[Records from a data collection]
◆ ◆ ◆ ◆ ◆ ◆ ◆

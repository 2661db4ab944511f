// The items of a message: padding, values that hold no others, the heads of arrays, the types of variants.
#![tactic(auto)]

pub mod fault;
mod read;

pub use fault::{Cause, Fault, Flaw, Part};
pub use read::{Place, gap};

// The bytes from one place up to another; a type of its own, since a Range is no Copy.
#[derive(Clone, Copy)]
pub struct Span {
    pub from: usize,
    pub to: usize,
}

◆ ◆ ◆ ◆ ◆ ◆ ◆

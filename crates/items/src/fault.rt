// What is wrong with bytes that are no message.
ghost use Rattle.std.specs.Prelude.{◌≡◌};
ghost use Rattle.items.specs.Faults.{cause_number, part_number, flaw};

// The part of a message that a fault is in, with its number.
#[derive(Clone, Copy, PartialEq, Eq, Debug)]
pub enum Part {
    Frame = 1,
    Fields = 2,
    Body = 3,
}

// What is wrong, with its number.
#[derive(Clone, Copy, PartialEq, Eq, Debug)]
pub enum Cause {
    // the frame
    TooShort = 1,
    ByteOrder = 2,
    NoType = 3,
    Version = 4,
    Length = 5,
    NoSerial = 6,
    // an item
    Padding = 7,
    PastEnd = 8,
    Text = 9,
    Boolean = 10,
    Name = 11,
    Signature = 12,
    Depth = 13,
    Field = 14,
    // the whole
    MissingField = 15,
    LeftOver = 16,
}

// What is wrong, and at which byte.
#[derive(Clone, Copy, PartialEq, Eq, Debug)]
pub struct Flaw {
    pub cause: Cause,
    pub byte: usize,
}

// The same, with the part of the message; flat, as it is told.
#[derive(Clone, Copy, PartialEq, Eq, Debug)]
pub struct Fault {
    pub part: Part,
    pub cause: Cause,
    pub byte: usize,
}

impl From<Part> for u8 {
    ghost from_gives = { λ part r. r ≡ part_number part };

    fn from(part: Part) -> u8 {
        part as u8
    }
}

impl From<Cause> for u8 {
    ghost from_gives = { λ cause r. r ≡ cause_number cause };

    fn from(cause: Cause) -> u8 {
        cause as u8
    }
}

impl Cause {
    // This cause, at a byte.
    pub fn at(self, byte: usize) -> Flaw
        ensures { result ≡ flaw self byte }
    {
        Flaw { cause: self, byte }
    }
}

◆ ◆ ◆ ◆ ◆ ◆ ◆

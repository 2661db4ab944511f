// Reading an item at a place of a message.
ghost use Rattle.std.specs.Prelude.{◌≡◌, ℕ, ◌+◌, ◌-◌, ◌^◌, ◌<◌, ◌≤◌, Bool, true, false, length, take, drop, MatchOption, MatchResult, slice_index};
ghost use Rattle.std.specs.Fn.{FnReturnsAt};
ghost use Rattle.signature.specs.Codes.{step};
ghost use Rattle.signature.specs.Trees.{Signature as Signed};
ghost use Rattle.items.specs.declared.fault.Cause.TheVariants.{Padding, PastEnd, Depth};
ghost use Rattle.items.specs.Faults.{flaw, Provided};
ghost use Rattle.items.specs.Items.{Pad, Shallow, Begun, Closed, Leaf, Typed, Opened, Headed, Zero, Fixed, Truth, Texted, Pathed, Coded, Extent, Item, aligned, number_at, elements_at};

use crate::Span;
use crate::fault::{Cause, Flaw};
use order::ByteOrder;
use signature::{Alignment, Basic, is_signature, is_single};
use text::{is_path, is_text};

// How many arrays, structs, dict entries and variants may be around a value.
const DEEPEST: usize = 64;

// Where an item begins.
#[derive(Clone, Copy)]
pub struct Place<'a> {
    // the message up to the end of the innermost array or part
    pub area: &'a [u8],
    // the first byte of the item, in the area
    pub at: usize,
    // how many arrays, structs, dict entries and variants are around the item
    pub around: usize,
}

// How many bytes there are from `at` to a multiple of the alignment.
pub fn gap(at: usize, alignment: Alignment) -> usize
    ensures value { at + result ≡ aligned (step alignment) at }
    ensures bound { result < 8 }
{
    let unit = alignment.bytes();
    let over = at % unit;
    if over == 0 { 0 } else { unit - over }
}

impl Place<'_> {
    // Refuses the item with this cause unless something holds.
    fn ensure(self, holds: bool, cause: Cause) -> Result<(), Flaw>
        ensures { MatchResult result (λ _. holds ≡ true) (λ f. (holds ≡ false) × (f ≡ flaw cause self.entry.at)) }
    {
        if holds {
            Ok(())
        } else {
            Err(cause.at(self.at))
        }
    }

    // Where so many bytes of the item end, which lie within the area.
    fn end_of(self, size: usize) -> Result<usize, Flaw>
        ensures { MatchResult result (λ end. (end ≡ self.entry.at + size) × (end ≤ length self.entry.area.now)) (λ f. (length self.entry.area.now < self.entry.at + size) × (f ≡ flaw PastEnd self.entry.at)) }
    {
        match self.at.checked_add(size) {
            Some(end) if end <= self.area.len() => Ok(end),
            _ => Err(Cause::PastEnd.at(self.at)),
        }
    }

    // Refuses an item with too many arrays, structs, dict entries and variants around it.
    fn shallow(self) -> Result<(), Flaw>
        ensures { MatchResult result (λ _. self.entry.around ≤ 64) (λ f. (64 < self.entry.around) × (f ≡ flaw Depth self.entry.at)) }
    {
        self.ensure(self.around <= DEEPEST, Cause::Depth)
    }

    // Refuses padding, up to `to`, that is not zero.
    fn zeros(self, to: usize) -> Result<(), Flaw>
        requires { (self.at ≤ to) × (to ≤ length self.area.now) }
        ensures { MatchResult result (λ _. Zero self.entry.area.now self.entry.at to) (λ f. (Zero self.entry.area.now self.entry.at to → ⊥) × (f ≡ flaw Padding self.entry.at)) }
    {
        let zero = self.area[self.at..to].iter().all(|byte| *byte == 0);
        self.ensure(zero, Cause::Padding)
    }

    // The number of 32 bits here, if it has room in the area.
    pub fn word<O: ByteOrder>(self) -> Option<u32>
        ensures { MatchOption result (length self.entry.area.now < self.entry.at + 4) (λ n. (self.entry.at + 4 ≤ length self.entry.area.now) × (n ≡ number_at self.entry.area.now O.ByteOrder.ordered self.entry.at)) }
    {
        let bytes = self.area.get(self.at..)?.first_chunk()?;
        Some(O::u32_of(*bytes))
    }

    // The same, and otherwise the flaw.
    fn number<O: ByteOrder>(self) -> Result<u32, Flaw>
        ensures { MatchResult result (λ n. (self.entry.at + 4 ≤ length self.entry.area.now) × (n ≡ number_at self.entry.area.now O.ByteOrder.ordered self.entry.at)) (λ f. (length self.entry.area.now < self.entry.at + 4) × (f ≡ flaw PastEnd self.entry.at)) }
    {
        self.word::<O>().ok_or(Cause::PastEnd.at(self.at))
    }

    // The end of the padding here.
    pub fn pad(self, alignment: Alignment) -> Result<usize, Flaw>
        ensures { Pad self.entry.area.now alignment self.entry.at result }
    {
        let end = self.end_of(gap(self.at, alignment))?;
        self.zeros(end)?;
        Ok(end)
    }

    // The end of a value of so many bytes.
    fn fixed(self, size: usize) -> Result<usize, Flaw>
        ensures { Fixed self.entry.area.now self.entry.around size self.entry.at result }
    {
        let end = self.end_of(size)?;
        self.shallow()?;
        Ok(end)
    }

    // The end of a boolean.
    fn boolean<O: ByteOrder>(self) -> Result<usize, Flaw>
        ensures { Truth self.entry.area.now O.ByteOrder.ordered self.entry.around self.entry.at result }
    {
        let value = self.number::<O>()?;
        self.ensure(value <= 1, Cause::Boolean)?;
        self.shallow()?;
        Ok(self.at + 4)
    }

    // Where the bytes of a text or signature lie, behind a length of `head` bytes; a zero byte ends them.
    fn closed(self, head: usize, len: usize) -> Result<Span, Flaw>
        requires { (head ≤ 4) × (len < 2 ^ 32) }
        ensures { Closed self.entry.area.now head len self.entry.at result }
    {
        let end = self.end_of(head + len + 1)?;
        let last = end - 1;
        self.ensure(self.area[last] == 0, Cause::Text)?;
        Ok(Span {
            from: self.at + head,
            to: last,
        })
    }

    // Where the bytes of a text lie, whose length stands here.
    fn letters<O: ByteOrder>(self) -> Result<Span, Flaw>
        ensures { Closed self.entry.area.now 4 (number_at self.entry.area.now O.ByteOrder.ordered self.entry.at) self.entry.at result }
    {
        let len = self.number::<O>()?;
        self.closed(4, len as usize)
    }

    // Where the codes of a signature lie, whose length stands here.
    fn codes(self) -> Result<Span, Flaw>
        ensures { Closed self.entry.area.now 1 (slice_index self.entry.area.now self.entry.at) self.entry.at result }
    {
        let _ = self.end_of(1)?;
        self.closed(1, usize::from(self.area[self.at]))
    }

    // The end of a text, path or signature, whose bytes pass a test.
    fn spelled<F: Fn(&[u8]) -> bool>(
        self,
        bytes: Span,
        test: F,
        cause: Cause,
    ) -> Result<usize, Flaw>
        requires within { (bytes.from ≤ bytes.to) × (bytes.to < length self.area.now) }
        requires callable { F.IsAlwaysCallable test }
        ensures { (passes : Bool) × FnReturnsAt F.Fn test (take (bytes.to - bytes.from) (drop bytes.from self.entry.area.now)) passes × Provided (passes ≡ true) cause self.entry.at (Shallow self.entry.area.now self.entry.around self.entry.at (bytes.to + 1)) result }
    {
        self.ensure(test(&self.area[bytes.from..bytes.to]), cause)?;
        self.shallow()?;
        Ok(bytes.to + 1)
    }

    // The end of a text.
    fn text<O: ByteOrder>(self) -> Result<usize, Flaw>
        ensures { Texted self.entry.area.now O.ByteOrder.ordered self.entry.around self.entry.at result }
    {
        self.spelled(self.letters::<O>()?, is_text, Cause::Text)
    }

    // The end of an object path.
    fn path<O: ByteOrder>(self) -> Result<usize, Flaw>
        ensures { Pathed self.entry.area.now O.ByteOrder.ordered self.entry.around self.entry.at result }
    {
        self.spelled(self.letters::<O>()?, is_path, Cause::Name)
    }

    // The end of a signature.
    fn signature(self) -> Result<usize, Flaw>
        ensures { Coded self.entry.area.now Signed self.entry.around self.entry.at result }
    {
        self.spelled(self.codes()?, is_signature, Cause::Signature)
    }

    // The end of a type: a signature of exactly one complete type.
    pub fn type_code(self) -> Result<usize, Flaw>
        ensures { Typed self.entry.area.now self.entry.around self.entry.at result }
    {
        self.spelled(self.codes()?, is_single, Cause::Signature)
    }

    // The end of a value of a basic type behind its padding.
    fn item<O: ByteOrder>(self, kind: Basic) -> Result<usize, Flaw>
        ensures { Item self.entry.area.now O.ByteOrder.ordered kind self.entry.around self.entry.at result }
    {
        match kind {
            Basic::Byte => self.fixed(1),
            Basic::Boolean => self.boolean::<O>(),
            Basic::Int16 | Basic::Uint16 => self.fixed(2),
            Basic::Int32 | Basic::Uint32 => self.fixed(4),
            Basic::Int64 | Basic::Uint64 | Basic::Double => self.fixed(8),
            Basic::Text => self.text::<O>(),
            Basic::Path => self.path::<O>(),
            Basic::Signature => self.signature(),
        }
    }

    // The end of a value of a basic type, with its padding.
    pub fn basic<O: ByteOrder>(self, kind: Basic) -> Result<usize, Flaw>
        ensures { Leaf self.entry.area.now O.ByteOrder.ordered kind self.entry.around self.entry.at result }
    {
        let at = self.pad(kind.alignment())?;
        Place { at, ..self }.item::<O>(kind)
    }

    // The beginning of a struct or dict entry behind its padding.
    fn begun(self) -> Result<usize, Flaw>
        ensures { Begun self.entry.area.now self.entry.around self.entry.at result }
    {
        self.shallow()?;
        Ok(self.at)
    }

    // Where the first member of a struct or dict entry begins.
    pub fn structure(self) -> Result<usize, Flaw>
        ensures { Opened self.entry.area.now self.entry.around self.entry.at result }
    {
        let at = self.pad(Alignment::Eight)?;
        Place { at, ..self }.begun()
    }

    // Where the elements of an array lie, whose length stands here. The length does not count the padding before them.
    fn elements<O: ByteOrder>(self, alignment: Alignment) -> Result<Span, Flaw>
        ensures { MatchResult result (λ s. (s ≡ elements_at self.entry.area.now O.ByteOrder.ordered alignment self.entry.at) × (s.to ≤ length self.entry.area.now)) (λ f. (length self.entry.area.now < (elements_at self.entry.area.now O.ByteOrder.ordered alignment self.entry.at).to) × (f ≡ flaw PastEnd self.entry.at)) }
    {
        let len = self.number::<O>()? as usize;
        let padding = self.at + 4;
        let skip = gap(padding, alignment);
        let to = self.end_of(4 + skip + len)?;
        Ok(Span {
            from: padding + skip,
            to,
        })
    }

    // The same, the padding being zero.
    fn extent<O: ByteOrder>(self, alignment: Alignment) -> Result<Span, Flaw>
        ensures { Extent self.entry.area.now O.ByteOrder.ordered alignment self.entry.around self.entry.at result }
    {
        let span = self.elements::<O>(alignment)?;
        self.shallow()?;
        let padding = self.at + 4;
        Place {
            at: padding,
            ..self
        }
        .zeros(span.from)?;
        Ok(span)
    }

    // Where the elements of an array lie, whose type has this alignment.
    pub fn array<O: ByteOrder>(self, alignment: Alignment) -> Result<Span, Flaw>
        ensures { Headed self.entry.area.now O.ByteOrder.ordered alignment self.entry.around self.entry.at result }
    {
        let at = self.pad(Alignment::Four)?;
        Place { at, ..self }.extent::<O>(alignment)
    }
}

◆ ◆ ◆ ◆ ◆ ◆ ◆

■ **GOAL OF THE EXERCISE**: Some lines of the records may hold the word "structs". How many do? Answer with a number and nothing else.

■ **EXPECTED ANSWER**: 3